(SUPPLIED DATA begins)

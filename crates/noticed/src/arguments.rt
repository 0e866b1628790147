//! The arguments: which command they name, and what it is given.
use crate::command_line::command_line;
use crate::fault_list::fault_list;
use crate::hand_in_command::{HandInArguments, HandInTerms};
use crate::log_command::{LogArguments, LogRequest};
use crate::postfix_serving::PostfixServing;
use crate::postfix_values::postfix_serving;
use crate::preview_command::PreviewArguments;
use crate::resubmit_command::ResubmitArguments;
use crate::serve_values::serve_arguments;
use crate::start_error::StartError;
use crate::status_command::StatusView;
use clap::ArgMatches;
use dsn_report::{Site, SiteFault};
use dsn_text::QueueId;
use noticed_lib::{Serving, WatchOptions};
use std::alloc::Global;
use std::env;
use std::io::ErrorKind;
use std::rt::Env;

/// The most agents.
pub(crate) const MOST_AGENTS: u32 = 16;

/// The most connections of an agent.
pub(crate) const MOST_USE: u32 = 1_000_000;

/// The longest idle limit, in seconds.
pub(crate) const MOST_IDLE: u32 = 86_400;

/// The longest path of a socket that the system takes, in bytes.
pub(crate) const LONGEST_PATH: usize = 107;

/// What the arguments ask for.
#[derive(Drop)]
pub(crate) enum Command {
    /// `batch HOST`.
    Batch {
        /// The site that the host names.
        site: Site,
    },
    /// `serve [OPTION].. SOCKET HOST AGENTS MAX-USE`.
    Serve(ServeArguments),
    /// `stop SOCKET`.
    Stop {
        /// The path of the socket.
        socket: String,
    },
    /// `send SOCKET`.
    Send {
        /// The path of the socket.
        socket: String,
    },
    /// `discard SOCKET SERVICE ID` and `forget SOCKET SERVICE ID`.
    Log(LogArguments),
    /// `status [OPTION] SOCKET`.
    Status {
        /// The path of the daemon's socket.
        socket: String,
        /// What is printed.
        view: StatusView,
    },
    /// `journal FOLDER`.
    Journal {
        /// The folder of the journal.
        folder: String,
    },
    /// `hand-in [OPTION].. HAND-IN`.
    HandIn(HandInArguments),
    /// `resubmit FOLDER HOST HAND-IN`.
    Resubmit(ResubmitArguments),
    /// `postfix [OPTION].. QUEUE-FOLDER HOST HAND-IN`.
    Postfix(PostfixServing),
    /// `preview [OPTION].. QUEUE-FOLDER HOST ID`.
    Preview(PreviewArguments),
    /// `faults`.
    Faults,
}

/// What `serve` is given.
#[derive(Drop)]
pub(crate) struct ServeArguments {
    /// The path of the socket.
    pub(crate) socket: String,
    /// The host's name.
    pub(crate) host: String,
    /// The site that the host names, 1 to 16 agents, 1 to 1,000,000 connections for each, and what the
    /// book holds.
    pub(crate) serving: Serving,
    /// What its options ask for.
    pub(crate) options: ServeOptions,
}

/// What the options of `serve` ask for.
#[derive(Drop)]
pub(crate) struct ServeOptions {
    /// The place of the notices, and the folder of the journal.
    pub(crate) destination: Destination,
    /// The size up to which the journal's file is lengthened, in MiB.
    pub(crate) max_journal: u32,
    /// What the run's watch is asked to do.
    pub(crate) watch: WatchOptions,
}

/// The place of the notices of `serve`, and the folder of the journal.
#[derive(Drop)]
pub(crate) enum Destination {
    /// An outbox.
    Outbox {
        /// Its path, if it isn't standard output.
        path: Option<String>,
        /// The folder of the journal, if there is to be one.
        journal: Option<String>,
    },
    /// A mail server.
    Server {
        /// The mail server, and for how long it is tried.
        terms: HandInTerms,
        /// The folder of the journal.
        journal: String,
    },
}

/// The command that the arguments name, with what it is given.
pub(crate) fn command_of(rt: &HostRuntime) -> Result<Command, StartError> {
    let alloc = rt.alloc();
    let words = words_of(rt)?;
    let faults = fault_list(alloc)?;
    let line = command_line(alloc, faults.as_str())?;
    let given = line.try_get_matches_from(words.as_slice())?;
    match given.subcommand() {
        Some((name, given)) => command_given(rt, name, given),
        // The parser requires a command.
        None => Err(StartError::wrong(alloc, "COMMAND", "one of the program's", "")),
    }
}

/// The words of the command line, the program's name among them.
fn words_of(rt: &HostRuntime) -> Result<Vec<String>, StartError> {
    let words = match env::args(rt) {
        Ok(words) => words,
        Err(error) if error.kind() == ErrorKind::OutOfMemory => return Err(StartError::NoMemory),
        Err(_) => return Err(StartError::NotText),
    };
    Ok(words.collect(rt.alloc())?)
}

/// The command of this name, with what it is given.
fn command_given(
    rt: &HostRuntime,
    name: &str,
    given: &ArgMatches<'_>,
) -> Result<Command, StartError> {
    let alloc = rt.alloc();
    match name {
        "batch" => Ok(Command::Batch {
            site: site_of(alloc, text_of(given, "HOST"))?,
        }),
        "serve" => Ok(Command::Serve(serve_arguments(rt, given)?)),
        "stop" => Ok(Command::Stop {
            socket: socket_of(alloc, given)?,
        }),
        "send" => Ok(Command::Send {
            socket: socket_of(alloc, given)?,
        }),
        "discard" => Ok(Command::Log(LogArguments::of(alloc, LogRequest::Discard, given)?)),
        "forget" => Ok(Command::Log(LogArguments::of(alloc, LogRequest::Forget, given)?)),
        "status" => Ok(Command::Status {
            socket: socket_of(alloc, given)?,
            view: view_of(given),
        }),
        "journal" => Ok(Command::Journal {
            folder: owned(alloc, text_of(given, "FOLDER"))?,
        }),
        "hand-in" => Ok(Command::HandIn(HandInArguments::of(alloc, given)?)),
        "resubmit" => Ok(Command::Resubmit(ResubmitArguments::of(alloc, given)?)),
        "faults" => Ok(Command::Faults),
        "preview" => Ok(Command::Preview(PreviewArguments::of(rt, given)?)),
        _ => Ok(Command::Postfix(postfix_serving(rt, given)?)),
    }
}

/// What `status` prints.
fn view_of(given: &ArgMatches<'_>) -> StatusView {
    if given.get_flag("open") {
        StatusView::Open
    } else if given.get_flag("prometheus") {
        StatusView::Metrics
    } else {
        StatusView::Counts
    }
}

/// The text of an argument; the empty text if it isn't given.
pub(crate) fn text_of<'a>(given: &ArgMatches<'a>, name: &str) -> &'a str {
    given.get_str(name).unwrap_or("")
}

/// The number that an argument says: 1 to `most` in decimal, without leading zeros.
pub(crate) fn number_of(
    alloc: Global,
    given: &ArgMatches<'_>,
    name: &str,
    most: u32,
) -> Result<u32, StartError> {
    number_in(alloc, name, text_of(given, name), most)
}

/// The number that a word says: 1 to `most` in decimal, without leading zeros. Returns an error that
/// has the name of the argument otherwise.
pub(crate) fn number_in(
    alloc: Global,
    name: &str,
    word: &str,
    most: u32,
) -> Result<u32, StartError> {
    if matches!(word.as_bytes().first(), Some(b'1'..=b'9')) {
        if let Ok(number) = word.parse::<u32>() {
            if number <= most {
                return Ok(number);
            }
        }
    }
    match format!(in alloc; "1 to {most}") {
        Ok(allowed) => Err(StartError::wrong(alloc, name, allowed.as_str(), word)),
        Err(_) => Err(StartError::NoMemory),
    }
}

/// The site that a host names.
pub(crate) fn site_of(alloc: Global, host: &str) -> Result<Site, StartError> {
    match Site::new(alloc, host.as_bytes()) {
        Ok(site) => Ok(site),
        Err(SiteFault::BadHost) => Err(StartError::wrong(
            alloc,
            "HOST",
            "1 to 255 letters, digits, dots and hyphens",
            host,
        )),
        Err(SiteFault::NoMemory) => Err(StartError::NoMemory),
    }
}

/// The queue id that the argument ID says.
pub(crate) fn queue_id_of(alloc: Global, given: &ArgMatches<'_>) -> Result<QueueId, StartError> {
    let id = text_of(given, "ID");
    match QueueId::new(id.as_bytes()) {
        Some(id) => Ok(id),
        None => Err(StartError::wrong(alloc, "ID", "1 to 32 letters and digits", id)),
    }
}

/// The path of the socket, as it is given: who connects or binds there tests it.
pub(crate) fn socket_of(alloc: Global, given: &ArgMatches<'_>) -> Result<String, StartError> {
    owned(alloc, text_of(given, "SOCKET"))
}

/// A text of its own.
pub(crate) fn owned(alloc: Global, text: &str) -> Result<String, StartError> {
    Ok(format!(in alloc; "{text}")?)
}
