//! The socket of a run of `serve`: made, in place of one that a killed run left, or inherited.
use crate::arguments::LONGEST_PATH;
use os::FromRawFd;
use std::io::{Error, ErrorKind};
use std::os::unix::fs::FileTypeExt;
use std::os::unix::net::{UnixListener, UnixStream};
use std::path::Path;
use std::{fs, io};

/// The descriptor of an inherited socket, as in sd_listen_fds(3).
const INHERITED: i32 = 3;

/// Returns an error of the kind `InvalidInput` if no socket can have this path, and of the kind
/// `AlreadyExists` if a file that is no socket has it.
pub(crate) fn check_place(rt: &HostRuntime, path: &str) -> io::Result<()> {
    // The system would bind an empty path to a name that every account gets to.
    if path.is_empty() || path.len() > LONGEST_PATH {
        return Err(Error::new(ErrorKind::InvalidInput, "the path must have 1 to 107 bytes"));
    }
    match fs::symlink_metadata(rt, path) {
        Ok(file) if !file.file_type().is_socket() => Err(Error::new(
            ErrorKind::AlreadyExists,
            "is no socket, and is left alone",
        )),
        Err(error) if error.kind() != ErrorKind::NotFound => Err(error),
        _ => Ok(()),
    }
}

/// Listens at this path. A socket at which nobody listens is replaced. Requires that the run's file
/// is locked: else two runs could replace each other's sockets. Returns an error of the kind
/// `AlreadyExists` if another file has the path, and `AddrInUse` if somebody listens there.
pub(crate) fn make_socket(rt: &HostRuntime, path: &str) -> io::Result<UnixListener> {
    check_place(rt, path)?;
    if fs::exists(rt, path)? {
        remove_unused(rt, path)?;
    }
    UnixListener::bind(rt, path)
}

/// Removes a socket at which nobody listens.
fn remove_unused(rt: &HostRuntime, path: &str) -> io::Result<()> {
    match UnixStream::connect(rt, path) {
        Ok(_) => Err(Error::new(ErrorKind::AddrInUse, "somebody listens there")),
        Err(error) if error.kind() == ErrorKind::ConnectionRefused => fs::remove_file(rt, path),
        Err(error) => Err(error),
    }
}

/// Takes the socket at which the starter of the process listens, and which it keeps after the
/// process ends: descriptor 3. Returns an error of the kind `InvalidInput` if it isn't at this path.
///
/// # Safety
///
/// Nothing else in the process may have this descriptor.
pub(crate) unsafe fn inherit_socket(path: &str) -> io::Result<UnixListener> {
    // An option, and not the environment: another service's `LISTEN_FDS` would be taken for this
    // one's.
    let listener = UnixListener::from_raw_fd(INHERITED);
    let address = listener.local_addr()?;
    match address.as_pathname() {
        Some(found) if found == Path::new(path) => {}
        _ => return Err(Error::new(
            ErrorKind::InvalidInput,
            "the inherited socket is not at this path",
        )),
    }
    // Its starter may have had it the other way.
    listener.set_nonblocking(false)?;
    Ok(listener)
}
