//! The list of the numbers of faults and refusals, as `noticed help faults` prints it.
//! noticed-protocol(5), says where each shows.
use dsn_text::FAULT_WORDS;
use std::alloc::{AllocError, Global};

/// The list of all numbers, one in a line.
pub(crate) fn fault_list(alloc: Global) -> Result<String, AllocError> {
    let mut list = String::new(alloc);
    for (number, words) in FAULT_WORDS {
        let line = format!(in alloc; "{number:>2}  {words}\n")?;
        list.push_str(line.as_str())?;
    }
    Ok(list)
}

(SUPPLIED DATA ends)

_WHAT TO WORK ON_: Look through the data above for the word "names". Report each line where it occurs.

_THE COMPLETED TASK_:
        /// The site that the host names.
    /// The site that the host names, 1 to 16 agents, 1 to 1,000,000 connections for each, and what the
/// The site that a host names.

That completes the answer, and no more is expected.